Fast Iterative Shrinkage-Thresholding Alogorithm for Linear Inverse Problems
Fast Iterative Shrinkage-Thresholding Algorithm (FISTA) preserves the computational simplicity of ISTA but with a global rate of convergence which is proven to be significantly better, both theoretically and practically.
Cost function is fomulated by data fidelty term 1/2 * || A(x) - y ||_2^2 and l1 regularization term L * || X ||_1 as follow,
(P1) arg min_x [ 1/2 * || A(x) - y ||_2^2 + L * || x ||_1 ].
Equivalently,
(P2) arg min_x [ 1/2 * || x - x_(k) ||_2^2 + L * || x ||_1 ],
where,
x_(k) = x_(k-1) - t_(k) * AT(A(x) - y) and t_(k) is step size.
(P2) is equal to l1 proximal operator,
(P2) = prox_(L * l1)( x_(k) )
= soft_threshold(x_(k), L)
where,
l1 is || x ||_1 and L is thresholding value.
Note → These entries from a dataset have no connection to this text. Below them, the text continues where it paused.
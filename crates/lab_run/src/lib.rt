//! Runs the laboratory of an input: its actors in a net, round by round and group by group, until nothing is left to do or a limit is met, and what is seen of
//! the run.
#![tactic(auto)]

mod end;
mod lab;
mod laws;
mod run;

pub use lab::run_lab;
soft_threshold is defined by,
function y = soft_threshold(x, L)
y = (max(abs(x) - L, 0)).*sign(x);
end
for k = 1 : N
x_(k) = prox_(L * l1)( y_(k) );
t_(k+1) = ( 1 + sqrt( 1 + 4*t_(k)^2 ) )/2;
y_(k+1) = x_(k) + ( t_(k) - 1 )/( (t_(k+1) ) * ( x_(k) - x_(k-1) );
end
where,
prox_(L * l1)( x ) = soft_threshold(x, L).